▶ WHAT THIS TASK INVOLVES: Repeat the stretch of entries below from the line with "result ≡ self.now.places" through the line with "pub(crate) fn reserve(&mut". Include both ends and add nothing.

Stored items
+===+

impl Queue {
    /// An empty queue without reserved room.
    pub(crate) fn new(alloc: Global) -> Result<Queue, Refused>
        ensures refused { IfErr result (λ r. r ≡ Refused.NoMemory) }
        ensures empty { IfOk result (λ ready. (ready.queue ≡ []) × (ready.held ≡ [])) }
        ensures forgotten { IfOk result (λ ready. (ready.forgotten ≡ 0) × (ready.remembered ≡ 0)) }
    {
        let held = SparseFlags::new(alloc, 0).map_err(|_| Refused::NoMemory)?;
        Ok(Queue {
            past: Past::none(),
            entries: Vec::new(alloc),
            kept: 0,
            first: 0,
            held,
            outstanding: 0,
        })
    }

    /// How many entries were ever queued.
    pub(crate) fn queued(&self) -> u64
        ensures { result ≡ length self.now.queue }
    {
        self.first + (self.entries.len() - self.kept) as u64
    }

    /// How many entries aren't finished.
    pub(crate) fn outstanding(&self) -> u64
        ensures { result ≡ length self.now.held }
    {
        self.outstanding
    }

    /// The entry of the window with this number, if there is one.
    pub(crate) fn entry(&self, number: u64) -> Option<Entry>
        ensures { self.now.forgotten ≤ number → result ≡ slice_get self.now.queue number }
    {
        let place = number.checked_sub(self.first)?;
        self.entries[self.kept..].get(place as usize).copied()
    }

    /// The entries of the window: those from number `forgotten` on.
    pub(crate) fn window(&self) -> &[Entry]
        ensures { result.now ≡ drop self.now.forgotten self.now.queue }
    {
        &self.entries[self.kept..]
    }

    /// The number of the window's first entry.
    pub(crate) fn forgotten(&self) -> u64
        ensures { result ≡ self.now.forgotten }
    {
        self.first
    }

    /// How many entries are in memory.
    pub(crate) fn remembered(&self) -> u64
        ensures { result ≡ self.now.remembered }
    {
        self.entries.len() as u64
    }

    /// The first held entry whose number is at least `from`.
    #[inline(always)]
    pub(crate) fn next_held(&self, from: u64) -> Option<Entry>
        ensures next { IsFirstHeldFrom self.now.held from result }
        ensures within { IfSome result (λ e. e.seq < length self.now.queue) }
    {
        let place = place_of(&self.entries, self.kept, self.first, from);
        let place = self.held.next(place as u64)?;
        Some(self.entries[place as usize])
    }

    /// The entry with a number, if it was queued and isn't both finished and forgotten.
    pub(crate) fn find(&self, number: u64) -> Option<Entry>
        ensures shown { self.now.forgotten ≤ number → result ≡ slice_get self.now.queue number }
        ensures kept { number < self.now.forgotten → IsFoundIn self.now.held number result }
    {
        if number >= self.first {
            return self.entry(number);
        }
        let entry = self.next_held(number)?;
        if entry.seq == number {
            Some(entry)
        } else {
            None
        }
    }

    /// The unfinished entries, with their indices.
    pub(crate) fn unfinished(&self) -> Entries<'_>
        ensures places { result ≡ self.now.places }
        ensures all { somes result ≡ self.now.held }
    {
        Entries::of(&self.entries, &self.held)
    }

    /// How many more entries fit without allocating.
    pub(crate) fn spare(&self) -> usize
        ensures { self.now.room ≤ result }
    {
        self.entries.capacity() - self.entries.len()
    }

    /// Reserves room for further entries, and if it allocates, for an eighth more. Fails with `NoMemory` if an allocation fails.
    pub(crate) fn reserve(&mut self, more: usize) -> Result<(), Refused>
        requires { more ≤ 2 ^ 50 }
        ensures refused { IfErr result (λ r. r ≡ Refused.NoMemory) }
        ensures wanting { 0 < more → OnErr result (self.old.room < more) }
        ensures same { (self.new.queue ≡ self.old.queue) × (self.new.held ≡ self.old.held) }
        ensures forgotten { (self.new.forgotten ≡ self.old.forgotten) × (self.new.remembered ≡ self.old.remembered) }
        ensures kept { self.old.room ≤ self.new.room }
        ensures room { OnOk result (more ≤ self.new.room) }
    {
        let entries = reserve(&mut self.entries, more)?;
        self.held
            .extend_to(entries.div_ceil(64))
            .map_err(|_| Refused::NoMemory)
    }

    /// Carries out the pass of this number over a host and the table. Requires room for an entry of each registration.
    pub(crate) fn pass<H: Values>(
        &mut self,
        number: u64,
        host: &mut H,
        table: &mut Table,
        short: &mut Links,
        long: &mut Links,
        ephemerons: &mut Ephemerons,
        list: &mut ReadyList,
    )
        requires registered { AreRegistered (H.objects host.old) table.old.registrations }
        requires short { AreTargets (H.objects host.old) short.old.links }
        requires long { AreTargets (H.objects host.old) long.old.links }
        requires short_keys { AreTargets (H.objects host.old) ephemerons.old.short }
        requires long_keys { AreTargets (H.objects host.old) ephemerons.old.long }
        requires zero { points (H.objects host.old) 0 ≡ None }
        requires whole { IsWhole H.place H.value (H.objects host.old) (IsOfKey ephemerons.old.ephemerons) (H.marked host.old) }
        requires list { len table.old.registrations ≤ list.old.room }
        requires room { len table.old.registrations ≤ self.old.room }
        requires numbers { length self.old.queue + len table.old.registrations < 2 ^ 64 }
        ensures decided { DecidesKeyed H.is_exact H.place H.value number table.old.late table.new.late
            (parts_of (H.objects host.old) table.old short.old long.old) ephemerons.old.ephemerons (H.marked host.old)
            (parts_left (H.objects host.new) (H.marked host.new) table.new short.new long.new) ephemerons.new.ephemerons
            self.old.queue self.new.queue }
        ensures gained { Gains number self.old self.new }
        ensures count { length self.new.queue + len table.new.registrations ≡ length self.old.queue + len table.old.registrations }
        ensures list { list.old.room ≤ list.new.room }
        ensures room { self.old.room + len table.new.registrations ≤ self.new.room + len table.old.registrations }
        ensures fewer { len table.new.registrations ≤ len table.old.registrations }
        ensures marks { (a : ℕ) → IsTrue (H.marked host.old a) → IsTrue (H.marked host.new a) }
        ensures closed { IsClosed (H.objects host.new) (H.marked host.new) }
        ensures same { H.is_same host.old host.new }
        ensures table { table.new.registered ≡ record table.old.registered { registrations = table.new.registrations } }
    {
        let terms = Terms {
            pass: number,
            first: self.queued(),
            tiers: true,
        };
        let first = self.entries.len() as u64;
        let queue = &mut self.entries;
        decide_whole(host, table, short, long, ephemerons, list, queue, terms);
        let end = self.entries.len() as u64;
        hold(&mut self.held, first, end);
        self.outstanding += end - first;
    }

    /// Queues every registration of the table. Requires room for them.
    pub(crate) fn queue_all(&mut self, table: &mut Table, list: &mut ReadyList)
        requires list { len table.old.registrations ≤ list.old.room }
        requires room { len table.old.registrations ≤ self.old.room }
        requires numbers { length self.old.queue + len table.old.registrations < 2 ^ 64 }
        ensures queued { QueuesTable table.old.content table.new.late self.old.queue self.new.queue }
        ensures gained { Gains 0 self.old self.new }
        ensures count { length self.new.queue ≡ length self.old.queue + len table.old.registrations }
        ensures room { self.old.room ≤ self.new.room + len table.old.registrations }
        ensures list { list.old.room ≤ list.new.room }
        ensures table { table.new.registered ≡ record table.old.registered { registrations = empty } }
    {
        let next = self.queued();
        let first = self.entries.len() as u64;
        queue_all(table, list, &mut self.entries, next);
        let end = self.entries.len() as u64;
        hold(&mut self.held, first, end);
        self.outstanding += end - first;
    }

    /// Appends the entry of a pick, with this pass. Requires room for it.
    pub(crate) fn push(&mut self, pass: u64, pick: Pick)
        requires room { 0 < self.old.room }
        requires number { length self.old.queue + 1 < 2 ^ 64 }
        ensures pushed { GainsPicks pass (pick ∷ []) self.old self.new }
        ensures room { self.old.room ≤ self.new.room + 1 }
    {
        let seq = self.queued();
        let first = self.entries.len() as u64;
        let _ = self.entries.push(Entry {
            seq,
            pass,
            reg: pick.reg,
            obj: pick.obj,
            birth: pick.birth,
            proc: pick.proc,
            cd: pick.cd,
        });
        let end = self.entries.len() as u64;
        hold(&mut self.held, first, end);
        self.outstanding += end - first;
    }

    /// Whether a held entry equals this one in all fields.
    pub(crate) fn is_held(&self, entry: &Entry) -> bool
        ensures { result ≡ list_any (same_entry entry.now) self.now.held }
    {
        let place = place_of(&self.entries, self.kept, self.first, entry.seq);
        is_held_at(&self.entries, &self.held, place, entry)
    }

    /// Finishes an entry, if it is held. Returns whether it was.
    pub(crate) fn finish(&mut self, entry: &Entry) -> bool
        ensures answer { result ≡ list_any (same_entry entry.now) self.old.held }
        ensures queue { self.new.queue ≡ self.old.queue }
        ensures held { self.new.held ≡ filter (λ h. not (same_entry entry.now h)) self.old.held }
        ensures forgotten { (self.new.forgotten ≡ self.old.forgotten) × (self.new.remembered ≡ self.old.remembered) }
        ensures room { self.old.room ≤ self.new.room }
    {
        let place = place_of(&self.entries, self.kept, self.first, entry.seq);
        if !is_held_at(&self.entries, &self.held, place, entry) {
            return false;
        }
        self.held.remove(place as u64);
        self.outstanding -= 1;
        true
    }

    /// Finishes the entry of the window with this number, if it is held, and returns it.
    #[inline(always)]
    pub(crate) fn finish_number(&mut self, number: u64) -> Option<Entry>
        requires window { self.old.forgotten ≤ number }
        ensures entry { result ≡ slice_get self.old.queue number }
        ensures queue { self.new.queue ≡ self.old.queue }
        ensures held { MatchOption result (self.new ≡ self.old) (λ e. self.new.held ≡ filter (λ h. not (same_entry e h)) self.old.held) }
        ensures forgotten { (self.new.forgotten ≡ self.old.forgotten) × (self.new.remembered ≡ self.old.remembered) }
        ensures room { self.old.room ≤ self.new.room }
    {
        let entry = self.entry(number)?;
        let place = self.kept as u64 + (number - self.first);
        if self.held.contains(place) {
            self.held.remove(place);
            self.outstanding -= 1;
        }
        Some(entry)
    }

    /// Every entry ever queued, as a value for contracts.
    fn whole(&self) -> Past
        ensures { result.entries ≡ self.now.queue }
    {
        Past { bytes: PhantomData }
    }

    /// Reuses the memory of finished entries, if there are more than 1 for each 16 unfinished ones. Returns how many were forgotten. Afterwards the window
    /// begins at the number `taken`, from which on no entry is finished.
    pub(crate) fn forget(&mut self, taken: u64) -> u64
        requires window { self.old.forgotten ≤ taken }
        requires taken { taken ≤ length self.old.queue }
        requires open { AreOpenFrom taken self.old.queue self.old.held }
        ensures same { self.new ≡ record self.old { forgotten = self.new.forgotten; remembered = self.new.remembered; room = self.new.room; places = self.new.places } }
        ensures forgotten { (self.new.forgotten ≡ self.old.forgotten) ⊎ (self.new.forgotten ≡ taken) }
        ensures few { 16 * self.new.remembered ≤ 17 * length self.new.held }
        ensures freed { result + self.new.remembered ≡ self.old.remembered }
        ensures room { self.old.room ≤ self.new.room }
    {
        let finished = self.entries.len() as u64 - self.outstanding;
        if 16 * finished <= self.outstanding {
            return 0;
        }
        let past = self.whole();
        let waiting = (self.queued() - taken) as usize;
        self.past = past;
        self.first = taken;
        self.kept = gather(&mut self.entries, &mut self.held) - waiting;
        finished
    }

    /// Frees memory, except the room for `room` further entries.
    pub(crate) fn shrink(&mut self, room: usize)
        ensures same { self.new ≡ record self.old { room = self.new.room } }
        ensures room { min room self.old.room ≤ self.new.room }
    {
        give_back(&mut self.entries, &mut self.held, room);
    }
}
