//! What holds of all sequences of calls.

ghost use Rattle.fz_finalizers.specs.States.{State};
ghost use Rattle.fz_finalizers.specs.Follows.{Event, Follows};
ghost use Rattle.fz_finalizers.specs.Promises.{Past, IsReached, Promises, Records, AreSingle, AreWalked};
ghost use Rattle.std.specs.Prelude.{ℕ, Option};
ghost use Rattle.fz_finalizers.specs.Laws.{ChangesEphemerons, ChangesLinks, NumbersPasses, PassesAlike, YieldAll};

/// Does nothing. Its contract states what holds after every sequence of calls from an opening, whatever the host does. Each number belongs to one registration
/// or cleanup, which is registered, waiting, held or finished. Entries are taken in queue order, each once. An entry is kept until it is finished. The contract
/// also states in other words what each call does to links, to ephemerons and to the numbers of passes, and what iterators yield.
pub fn every_sequence()
    ensures promises { (s : State) (past : Past) → IsReached s past → Promises s past }
    // The host's marker finds it by iterating over the roots.
    ensures walked { (s : State) (past : Past) → IsReached s past → AreWalked s past }
    // An entry has what was registered.
    ensures recorded { (s : State) (past : Past) → IsReached s past → Records s past }
    ensures single { (s : State) (past : Past) → IsReached s past → AreSingle s }
    ensures links { (old new : State) (event : Event) → Follows old event new → ChangesLinks old event new }
    ensures ephemerons { (old new : State) (event : Event) → Follows old event new → ChangesEphemerons old event new }
    ensures passes { (old new : State) (event : Event) → Follows old event new → NumbersPasses old event new }
    ensures walks { (s : State) → YieldAll s }
    // Cleanups change nothing else in a pass, whether the host marks exactly or more than it is asked to.
    ensures cleanups { (place : ℕ → Option ℕ) (old new : State) → PassesAlike (Unit {0}) place old new × PassesAlike ⊥ place old new }
{}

+===+

▶ ANSWER SPACE:
        ensures places { result ≡ self.now.places }
        ensures all { somes result ≡ self.now.held }
    {
        Entries::of(&self.entries, &self.held)
    }

    /// How many more entries fit without allocating.
    pub(crate) fn spare(&self) -> usize
        ensures { self.now.room ≤ result }
    {
        self.entries.capacity() - self.entries.len()
    }

    /// Reserves room for further entries, and if it allocates, for an eighth more. Fails with `NoMemory` if an allocation fails.
    pub(crate) fn reserve(&mut self, more: usize) -> Result<(), Refused>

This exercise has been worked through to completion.